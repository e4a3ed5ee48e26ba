//! A clock that gives one moment, where there is one.

ghost use Rattle.std.specs.Prelude.{◌≡◌, IfSome};
ghost use Rattle.tape_edge.specs.Clocks.{IsSince1970};
ghost use Rattle.commands.specs.BasicCommands.Headline.{IsMoment};
ghost use Rattle.session_run.specs.Timed.{one_moment};

use std::marker::Model;
use tape_edge::Clock;
use tape_types::Moment;

/// A clock that gives one moment, or else those of another clock.
#[derive(Drop)]
pub struct TimedClock<C: Clock> {
    at: Option<Moment>,
    clock: C,
}

impl<C: Clock> Model for TimedClock<C> {
    ghost use Rattle.std.specs.Prelude.{IfSome};
    ghost use Rattle.tape_edge.specs.Clocks.{IsSince1970};
    ghost use Rattle.session_run.specs.Timed.{TimedView};

    ghost Value = { TimedView C };

    ghost view = { λ c. record { at = c.at; clock = c.clock } };

    ghost invariant = { λ c. IfSome c.at IsSince1970 };
}

impl<C: Clock> TimedClock<C> {
    /// A given moment is one of the years 1970 to 9999.
    pub fn new(at: Option<Moment>, clock: C) -> TimedClock<C>
        requires { IfSome at IsSince1970 }
        ensures { result ≡ record { at = at; clock = clock } }
    {
        TimedClock { at, clock }
    }
}

impl<C: Clock> Clock for TimedClock<C> {
    ghost next = { λ c. one_moment c.at (C.next c.clock) };

    ghost one = { λ c. one_moment c.at (C.one c.clock) };

    ghost gives = { λ c n m. IsMoment c.at (C.gives c.clock) n m };

    fn now(&mut self) -> Moment {
        match self.at {
            Some(at) => at,
            None => self.clock.now(),
        }
    }
}
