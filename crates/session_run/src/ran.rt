//! The sessions of a script, and how their run ends.

ghost use Rattle.std.specs.Prelude.{◌≡◌, ◌≤◌};
ghost use Rattle.session_script.specs.Sessions.{greatest_session};
ghost use Rattle.promises.specs.ServingPromise.Ends.{begun};
ghost use Rattle.session_run.specs.Ran.{HasRun};

use crate::host::Host;
use crate::threads::make_all;
use std::sync::Wait;
use std::thread::Threads;
use tape_desk::{Desk, Shelf};
use tape_drive::Drive;
use tape_edge::{Clock, Gate, Sink};

/// How a run of sessions ended.
#[derive(Clone, Copy, Debug, PartialEq, Eq)]
pub enum RanEnd {
    /// All calls were made.
    Done,
    /// Memory was refused before the first call.
    NoMemory,
}

/// The volume and what has printed its log, behind a run of its sessions.
pub struct Ran<D: Drive, C: Clock, K: Sink> {
    pub shelf: Shelf<D, C, K>,
    pub outcome: RanEnd,
}

/// Makes all calls of all sessions of the script of the shelf's volume: each session its own in order, in a thread of
/// its own where threads can be made. Each passes the gate before each of its turns, and once more behind its last
/// reply. There are as many sessions as the script has. Where memory is refused nothing was asked of the volume.
pub fn run_sessions<
    R: Threads + Wait + Sync,
    D: Drive + Send,
    C: Clock + Send,
    K: Sink + Send,
    G: Gate + Sync,
>(host: &Host<'_, R, G>, shelf: Shelf<D, C, K>, sessions: u16) -> Ran<D, C, K>
    requires sessions { sessions ≡ greatest_session shelf.volume.fixed.script }
    requires fresh { shelf.volume ≡ begun shelf.volume.fixed shelf.volume.next }
    ensures { HasRun D.Drive shelf result.shelf result.outcome }
{
    if sessions == 0 {
        run_none(shelf)
    } else {
        run_some(host, shelf, sessions)
    }
}

/// A run of a script without a call.
fn run_none<D: Drive, C: Clock, K: Sink>(shelf: Shelf<D, C, K>) -> Ran<D, C, K>
    requires none { greatest_session shelf.volume.fixed.script ≡ 0 }
    requires fresh { shelf.volume ≡ begun shelf.volume.fixed shelf.volume.next }
    ensures { HasRun D.Drive shelf result.shelf result.outcome }
{
    let Shelf { volume, printer } = shelf;
    // Each session of a call is at most the greatest one.
    let _none = volume.script().sessions();
    Ran {
        shelf: Shelf { volume, printer },
        outcome: RanEnd::Done,
    }
}

/// A run of one session or more.
fn run_some<
    R: Threads + Wait + Sync,
    D: Drive + Send,
    C: Clock + Send,
    K: Sink + Send,
    G: Gate + Sync,
>(host: &Host<'_, R, G>, shelf: Shelf<D, C, K>, sessions: u16) -> Ran<D, C, K>
    requires some { 1 ≤ sessions }
    requires sessions { sessions ≡ greatest_session shelf.volume.fixed.script }
    requires fresh { shelf.volume ≡ begun shelf.volume.fixed shelf.volume.next }
    ensures { HasRun D.Drive shelf result.shelf result.outcome }
{
    // Each session of a call is at most the greatest one.
    let _most = shelf.volume.script().sessions();
    let (desk, mut passes) = match Desk::open(host.alloc, shelf, sessions) {
        Ok(dealt) => dealt,
        Err(shelf) => {
            return Ran {
                shelf,
                outcome: RanEnd::NoMemory,
            };
        }
    };
    make_all(host.rt, &desk, passes.as_mut_slice(), host.gate);
    let closed = desk.close_desk(passes);
    let Shelf { volume, printer } = closed;
    Ran {
        shelf: Shelf { volume, printer },
        outcome: RanEnd::Done,
    }
}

______

Give only the count of lines in the data that include the string "TimedClock".

6